5Le risque encouru par la réduction phénoménale est que la chose perd son identité, sa stabilité, sa durabilité, lesquelles ne peuvent être restaurées que par un processus complémentaire d’identification d’invariants – j’entends ce qui reste le même à travers les différences. Ces invariants, c’est nous qui les imposons sur le flux phénoménal de l’expérience, à condition évidemment que le cours de notre expérience confirme les invariants que nous projetons sur lui. Husserl a donné le nom « eidos » à ces invariants, d’où l’expression de réduction eidétique. Mais, du fait de cette réduction eidétique, l’invariance ne peut plus être attribuée à une substance inhérente à la chose, elle remonte plutôt à une intentionnalité de la conscience qui s’impose au flux phénoménal. Mais, entre le flux phénoménal où nous sommes plongés et les invariants eidétiques projetés par notre intelligence s’ouvre le gouffre qui sépare la réceptivité sensible et la spontanéité intellectuelle, gouffre qui ne peut être refermé que par un changement radical du statut de la conscience. La conscience qui réfléchit sur la façon d’apparaître et d’être donné du monde de l’expérience n’est plus la conscience empirique, mais plutôt une conscience transcendantale, dont la tâche est d’établir le système des corrélations nécessaires a priori entre ce qui se donne à la sensibilité et ce qui est proposé par l’intelligence intentionnelle. Une tâche rendue possible par la réduction terminale, dite « transcendantale ».
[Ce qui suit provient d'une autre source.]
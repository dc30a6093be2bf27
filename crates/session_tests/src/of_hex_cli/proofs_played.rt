//! Moves that are played by what was proved or looked ahead: `--solve` and `--look`.

use super::runs::{ample, check, run_of};
use super::tables::{bytes_of, check_rows};
use std::alloc::Global;
use std::process::Abort;
use std::str::from_utf8;
use std::test::Fail;
use std::thread::Threads;

/// Names, moves before a `genmove` of White's or Black's, and how `mustplay` begins then. Without a
/// budget each but the first is a search that is not known to be lost: H-search alone shows no win.
/// By exhaustive search the winner of each is known.
static PLAYED: &str = "\
three|boardsize 3~genmove b~|win|win
four|boardsize 4~play b d2~genmove w~|win|lost no~
five|boardsize 5~play b e4~genmove w~|win|lost no~
six|boardsize 6~genmove b~|win|lost no~
six-answers|boardsize 6~play b d3~play w d4~genmove b~|win|lost no~
lost-four|boardsize 4~play b d1~genmove w~|lost yes~allowed a1|lost no~
lost-five|boardsize 5~play b e2~genmove w~|lost yes~allowed a1|lost no~";

/// What the look-ahead tells of four positions, the same on every machine: rows that are open,
/// known to be lost, and only taken for won or lost, each with its line. By hand no number can be
/// worked out; a search whose values are the other player's, or that leaves out visits, threats or
/// bridges, has others. Of the first position it knows a cell to be won; that is certified.
static LOOKS: &str = "\
look-won-by-one|htp --playouts 1 --look 50|\
    boardsize 5~play b d1~play w b3~play b a4~genmove w~mustplay~look-report~search-report~|0|\
    = ~~= ~~= ~~= ~~= c2~~= win c2~~? no look~~? no search~~
look-lost-after-three|htp --playouts 1 --look 50|\
    boardsize 5~play b e4~play w e3~play b e1~genmove w~look-report~|0|\
    = ~~= ~~= ~~= ~~= d2~~= nodes 16~d2 9 0 line c2 c3~d3 1 0 lost~c4 2 0 line b4~\
    d4 1 0 lost~b5 4 0 lost line c4 d2~~
look-open|htp --playouts 1 --look 50|\
    boardsize 6~play b f1~play w e1~play b b1~play w d4~genmove b~look-report~|0|\
    = ~~= ~~= ~~= ~~= ~~= c4~~= nodes 50~f2 1 410~e3 2 444 line e4~f3 1 424~\
    c4 37 681 line b6 c5 c3 d3~e4 2 454 line e3~f4 1 468~a5 2 416 line b3~d5 1 419~e5 1 419~\
    f5 1 388~~
look-taken-for-won|htp --playouts 1 --look 50|\
    boardsize 6~play b c4~play w a4~play b c1~play w e1~play b e6~genmove w~look-report~|0|\
    = ~~= ~~= ~~= ~~= ~~= ~~= c2~~= nodes 32~c2 19 1000 line d2 d1 f1 e2 f2 e3~\
    c3 3 350 line e2 d3~d4 1 0 lost~b5 2 437 line c2~c5 4 467 line c2 d4~d5 2 336 line e3~\
    a6 1 387~b6 2 429 line d5~~
look-taken-for-lost|htp --playouts 1 --look 80|\
    boardsize 7~play b c3~play w d4~play b e2~play w c5~genmove b~look-report~|0|\
    = ~~= ~~= ~~= ~~= ~~= a6~~= nodes 80~a4 2 309 line b6~b4 11 454 line b6 e4 d6 f5~\
    c4 2 309 line b6~e4 6 0 line e3~a5 18 0 line b6 e4 e3 g2 f3~b5 12 0 line b6 e4 e3 g2 f3~\
    a6 12 363 line b4 e4 d6 d5~b6 9 353 line b5 e4 e3 g2 f3~a7 12 375 line b6 e4 d6~~";

// The answers of a session, each without what marks a success or a failure.
fn answers<R: Abort + Threads + Sync + Alloc<A = Global>>(
    rt: &R,
    words: &str,
    input: &str,
) -> Result<Vec<String>, Fail> {
    let alloc = rt.alloc();
    let left = run_of(rt, &ample(words, &bytes_of(alloc, input)?))?;
    assert_eq!(rt; left.status, 0, "{words}");
    let mut answers = Vec::new(alloc);
    for answer in from_utf8(left.link.given())?.split("\n\n") {
        if let Some((_mark, text)) = answer.split_once(' ') {
            answers.push(String::from_str(alloc, text)?)?;
        }
    }
    Ok(answers)
}

/// What `mustplay` and `wincert` answer after these commands.
fn played<R: Abort + Threads + Sync + Alloc<A = Global>>(
    rt: &R,
    words: &str,
    commands: &str,
) -> Result<(String, String), Fail> {
    let input = format!(in rt.alloc(); "{commands}mustplay~wincert~")?;
    let mut answers = answers(rt, words, &input)?;
    let certificate = answers.pop().ok_or("a certificate")?;
    let mustplay = answers.pop().ok_or("a plan")?;
    Ok((mustplay, certificate))
}

#[test]
fn plays_what_it_proves(rt: HostRuntime) -> Result<(), Fail> {
    let alloc = rt.alloc();
    for line in PLAYED.lines() {
        let mut fields = line.split('|');
        let name = fields.next().ok_or("a name")?;
        let commands = fields.next().ok_or("commands")?;
        let solved = bytes_of(alloc, fields.next().ok_or("a plan")?)?;
        let unsolved = bytes_of(alloc, fields.next().ok_or("a plan without")?)?;
        let (mustplay, certificate) = played(&rt, "htp --playouts 9 --solve 20000", commands)?;
        assert!(rt; mustplay.as_bytes().starts_with(&solved), "{name}");
        // A certificate of a loss says that the other player wins whoever places first.
        let verdict = if mustplay.starts_with("win") {
            b"yes semi\n"
        } else {
            b"yes full\n"
        };
        let text = format!(in alloc; "{certificate}\n")?;
        check(&rt, name, &ample("check", text.as_bytes()), verdict, 0)?;
        let (mustplay, _none) = played(&rt, "htp --playouts 9", commands)?;
        assert!(rt; mustplay.as_bytes().starts_with(&unsolved), "{name}");
    }
    Ok(())
}

/// A cell that the look-ahead knows to be won is played with a certificate, also without `--solve`;
/// H-search alone shows no win there, and nor does the solver before the stone.
#[test]
fn certifies_what_looks_won(rt: HostRuntime) -> Result<(), Fail> {
    let commands = "boardsize 6~play b e2~play w d3~play b c2~genmove w~";
    let (before, _none) = played(&rt, "htp --playouts 1 --solve 1", commands)?;
    assert!(rt; before.starts_with("lost no\n"));
    for words in [
        "htp --playouts 1 --look 50",
        "htp --playouts 1 --look 50 --solve 1",
    ] {
        let (mustplay, certificate) = played(&rt, words, commands)?;
        assert_eq!(rt; mustplay.as_str(), "win c4", "{words}");
        let text = format!(in rt.alloc(); "{certificate}\n")?;
        check(
            &rt,
            words,
            &ample("check", text.as_bytes()),
            b"yes semi\n",
            0,
        )?;
    }
    Ok(())
}

/// The look-ahead's cell is the one that is played and the only one that the tree has, each allowed
/// cell has a row, and no more nodes are judged than were given.
#[test]
fn looks_ahead(rt: HostRuntime) -> Result<(), Fail> {
    let input = "boardsize 6~play b a1~genmove w~search-report~look-report~mustplay~";
    let told = answers(&rt, "htp --playouts 7 --look 20", input)?;
    let [_, _, vertex, search, look, mustplay] = told.as_slice() else {
        return Err(Fail::from("six answers"));
    };
    let alloc = rt.alloc();
    let wanted = format!(in alloc; "playouts 7\n{vertex} 7 ")?;
    assert!(rt; search.starts_with(wanted.as_str()));
    assert_eq!(rt; search.lines().count(), 2);
    assert!(rt; look.starts_with("nodes 20\n"));
    let allowed = mustplay.lines().nth(1).ok_or("the allowed cells")?;
    assert_eq!(rt; look.lines().count(), allowed.split(' ').count());
    let none = answers(
        &rt,
        "htp --playouts 7",
        "boardsize 5~genmove b~look-report~",
    )?;
    assert_eq!(rt; none.last().ok_or("an answer")?.as_str(), "no look");
    Ok(())
}

#[test]
fn looks_are_told(rt: HostRuntime) -> Result<(), Fail> {
    check_rows(&rt, LOOKS)
}

// The last answer of a session.
fn last_answer<R: Abort + Threads + Sync + Alloc<A = Global>>(
    rt: &R,
    words: &str,
    input: &str,
) -> Result<String, Fail> {
    let mut answers = answers(rt, words, input)?;
    Ok(answers.pop().ok_or("an answer")?)
}

// With which cell the line of this cell's row begins.
fn chosen_line<'a>(vertex: &str, look: &'a str) -> Option<&'a str> {
    for row in look.lines() {
        if row.split(' ').next() == Some(vertex)
            && let Some((_row, line)) = row.split_once(" line ")
        {
            return line.split(' ').next();
        }
    }
    None
}

/// What a look-ahead found serves the next one while only moves are made. After `undo`,
/// `clear_board` and `boardsize` the same board is looked at as in a fresh session.
#[test]
fn keeps_its_tree(rt: HostRuntime) -> Result<(), Fail> {
    let alloc = rt.alloc();
    let words = "htp --playouts 1 --look 60";
    let begin = "play b b2~play w d4~";
    let first = format!(in alloc; "boardsize 7~{begin}genmove b~look-report~")?;
    let told = answers(&rt, words, &first)?;
    let [_, _, _, vertex, look] = told.as_slice() else {
        return Err(Fail::from("five answers"));
    };
    let answer = chosen_line(vertex, look).ok_or("a line")?;
    let ask = format!(in alloc; "play w {answer}~genmove b~look-report~")?;
    let fresh = format!(in alloc; "boardsize 7~{begin}play b {vertex}~{ask}")?;
    let fresh = last_answer(&rt, words, &fresh)?;
    let kept = format!(in alloc; "{first}{ask}")?;
    assert!(rt; last_answer(&rt, words, &kept)? != fresh);
    for (between, moves) in [("undo", ""), ("clear_board", begin), ("boardsize 7", begin)] {
        let input = format!(in alloc; "{first}{between}~{moves}play b {vertex}~{ask}")?;
        assert!(rt; last_answer(&rt, words, &input)? == fresh, "{between}");
    }
    Ok(())
}
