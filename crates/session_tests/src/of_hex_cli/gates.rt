//! Workers that are counted at a gate, and wait for one another there: in a session and in mode
//! bench.

use super::runs::{RunResult, ample, run_at};
use search_team::CountingGate;
use std::alloc::Global;
use std::test::Fail;
use tree_words::report;

/// Words of searches by three workers, and their input.
const TEAMS: [(&str, &[u8]); 2] = [
    ("htp --hsearch off --size 3 --workers 3", b"genmove b\n"),
    ("bench --size 3 --workers 3", b""),
];

/// `gate-counts`: three workers with a walk each meet at the gate, and each passes it once by its
/// own number, before its first add alone. If one playout is all, who has no walk doesn't pass.
#[test]
fn gate_counts(rt: HostRuntime) -> Result<(), Fail> {
    for (words, input) in TEAMS {
        for (meeting, playouts) in [(3, 3), (0, 1)] {
            let gate = CountingGate::new(meeting);
            let words = format!(in rt.alloc(); "{words} --playouts {playouts}")?;
            let left = run_at(&rt, &ample(words.as_str(), input), &gate)?;
            assert_eq!(rt; left.status, 0, "{words}");
            assert!(rt; !gate.was_missed(), "{words}");
            let [first, second, third] = gate.counts();
            let most = first.max(second).max(third);
            let sum = first.saturating_add(second).saturating_add(third);
            assert_eq!(rt; (most, sum), (1, playouts), "{words}");
        }
    }
    Ok(())
}

/// Words of searches by two workers with a walk each, their input, a prefix of what is given, and
/// how many of the root's children are not the first.
const MEETINGS: [(&str, &[u8], &[u8], usize); 2] = [
    (
        "htp --hsearch off --size 3 --workers 2 --playouts 2",
        b"genmove b\n",
        b"= a1\n\n",
        8,
    ),
    (
        "bench --size 3 --workers 2 --playouts 2",
        b"",
        b"size 3\n",
        5,
    ),
];

/// How often the first child of the root was visited in the run's turn, and how many children have
/// no visit.
fn visits_of(alloc: Global, left: &RunResult) -> Result<(u32, usize), Fail> {
    let turn = left.archive.turns().first().ok_or("a turn")?;
    let rows = report(alloc, turn.closed().ok_or("a tree")?)?;
    let first = rows.first().ok_or("a row")?.visits;
    Ok((first, rows.iter().filter(|row| row.visits == 0).count()))
}

/// `gate-htp`, `gate-bench`: neither worker had added when the other chose, so both walks go to the
/// first child.
#[test]
fn gate_meets(rt: HostRuntime) -> Result<(), Fail> {
    for (words, input, front, others) in MEETINGS {
        let gate = CountingGate::new(2);
        let left = run_at(&rt, &ample(words, input), &gate)?;
        assert_eq!(rt; gate.counts(), [1, 1, 0], "{words}");
        assert!(rt; !gate.was_missed(), "{words}");
        assert!(rt; left.link.given().starts_with(front), "{words}");
        assert_eq!(rt; visits_of(rt.alloc(), &left)?, (2, others), "{words}");
    }
    Ok(())
}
6Dans le contexte d’Ideen I, Husserl a adopté le mot noesis pour le côté subjectif phénoménal et le mot noema pour le côté objectif eidétique, d’où l’expression de « corrélations noético-noématiques » pour caractériser l’examen des contenus d’une conscience immanente, dont l’objectivité naturelle doit être fondée dans un contenu intentionnel dit « idéel », mis en relation avec un flux d’expérience vécue dit « réel » – de l’allemand reel, et non pas real. Cela, parce que la réalité de la conscience naturelle se prête maintenant à une analyse qui part d’une corrélation entre des contenus purement subjectifs – lesquels sont ou bien réels, ou bien idéels. L’attitude naturelle devient donc cette façon de penser qui n’a pas encore effectué une réduction, porte royale ouvrant sur la phénoménologie transcendantale.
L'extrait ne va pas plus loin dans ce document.